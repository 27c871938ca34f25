//! Each edit, question and trait of arrays once.

use bitvec::order::{Lsb0, Msb0};
use bitvec_array::array::{BitArray, ZeroArray};
use bitvec_slice::slice::ReadBits;
use std::cmp::Ordering;
use std::test::Fail;

#[test]
fn edits(rt: HostRuntime) -> Result<(), Fail> {
    let mut bits: BitArray<Msb0, 2> = BitArray::ZERO;
    bits.fill_range(60, 68, true);
    assert_eq!(rt; bits.count_ones(), 8);
    assert_eq!(rt; bits.first_one(), Some(60));
    assert_eq!(rt; bits.last_one(), Some(67));
    bits.copy_within(60..70, 10);
    bits.swap(0, 17);
    assert!(rt; bits.replace(0, false));
    let other = bits;
    bits.fill(true);
    assert!(rt; bits.all_ones());
    assert_eq!(rt; bits.count_zeros(), 0);
    bits.and_not(other);
    assert_eq!(rt; bits.count_zeros(), other.count_ones());
    assert_eq!(rt; other.count_ones(), 15);
    Ok(())
}

#[test]
fn comparisons_and_texts(rt: HostRuntime) -> Result<(), Fail> {
    let less: BitArray<Lsb0, 1> = BitArray::from_words([0b1110]);
    let more: BitArray<Lsb0, 1> = BitArray::from_words([0b0001]);
    assert!(rt; less != more);
    assert!(rt; less < more);
    assert_eq!(rt; more.cmp(&less), Ordering::Greater);
    assert!(rt; less == less.clone()?);
    let none: BitArray<Lsb0, 1> = BitArray::default();
    assert!(rt; none == BitArray::ZERO);
    let text = format!(in rt.alloc(); "{less}")?;
    assert!(rt; text.as_str().starts_with("01110000"));
    assert_eq!(rt; text.len(), 64);
    let list = format!(in rt.alloc(); "{more:?}")?;
    assert!(rt; list.as_str().starts_with("[1, 0, 0"));
    Ok(())
}
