// Combines whole words, the last of them first.
#[inline(always)]
fn combine_row_falling<
    C: Combine,
    R: BitRegister,
    O: BitOrder<R>,
    R2: BitRegister,
    O2: BitOrder<R2>,
>(way: Way, source: &[R], from: Cursor<R>, writer: &mut WordWriter<R2>, to: usize, count: usize)
    requires way { Allows way R.BITS O.at_of R2.BITS O2.at_of from.bit 0 }
    requires short { count * R2.BITS ≤ usize.MAX }
    requires from_in { cursor_place from + count * R2.BITS ≤ length source.now * R.BITS }
    requires to_in { to + count ≤ length (writer_of writer.old).words }
    requires direction { (writer_of writer.old).rising ≡ false }
    requires stands { (writer_of writer.old).mark ≡ to + count }
    ensures { HasCombinedFrom C.of from O.at_of source.now R2.BITS O2.at_of R2.number writer.old
        writer.new (to * R2.BITS) (count * R2.BITS) to count }
{
    for done in 0..count {
        let k = count - 1 - done;
        let read = from.words_on::<R2>(k);
        combine_word::<C, R, O, R2, O2>(way, source, read, writer, to + k, 0, R2::BITS);
    }
}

● Work task: After finding the line that contains "let less: BitArray<Lsb0, 1>" in the records above, copy that line and each one after it exactly, through the final line.

● Exercise result:
    let less: BitArray<Lsb0, 1> = BitArray::from_words([0b1110]);
    let more: BitArray<Lsb0, 1> = BitArray::from_words([0b0001]);
    assert!(rt; less != more);
    assert!(rt; less < more);
    assert_eq!(rt; more.cmp(&less), Ordering::Greater);
    assert!(rt; less == less.clone()?);
    let none: BitArray<Lsb0, 1> = BitArray::default();
    assert!(rt; none == BitArray::ZERO);
    let text = format!(in rt.alloc(); "{less}")?;
    assert!(rt; text.as_str().starts_with("01110000"));
    assert_eq!(rt; text.len(), 64);
    let list = format!(in rt.alloc(); "{more:?}")?;
    assert!(rt; list.as_str().starts_with("[1, 0, 0"));
    Ok(())
}
// Combines whole words, the last of them first.
#[inline(always)]
fn combine_row_falling<
    C: Combine,
    R: BitRegister,
    O: BitOrder<R>,
    R2: BitRegister,
    O2: BitOrder<R2>,
>(way: Way, source: &[R], from: Cursor<R>, writer: &mut WordWriter<R2>, to: usize, count: usize)
    requires way { Allows way R.BITS O.at_of R2.BITS O2.at_of from.bit 0 }
    requires short { count * R2.BITS ≤ usize.MAX }
    requires from_in { cursor_place from + count * R2.BITS ≤ length source.now * R.BITS }
    requires to_in { to + count ≤ length (writer_of writer.old).words }
    requires direction { (writer_of writer.old).rising ≡ false }
    requires stands { (writer_of writer.old).mark ≡ to + count }
    ensures { HasCombinedFrom C.of from O.at_of source.now R2.BITS O2.at_of R2.number writer.old
        writer.new (to * R2.BITS) (count * R2.BITS) to count }
{
    for done in 0..count {
        let k = count - 1 - done;
        let read = from.words_on::<R2>(k);
        combine_word::<C, R, O, R2, O2>(way, source, read, writer, to + k, 0, R2::BITS);
    }
}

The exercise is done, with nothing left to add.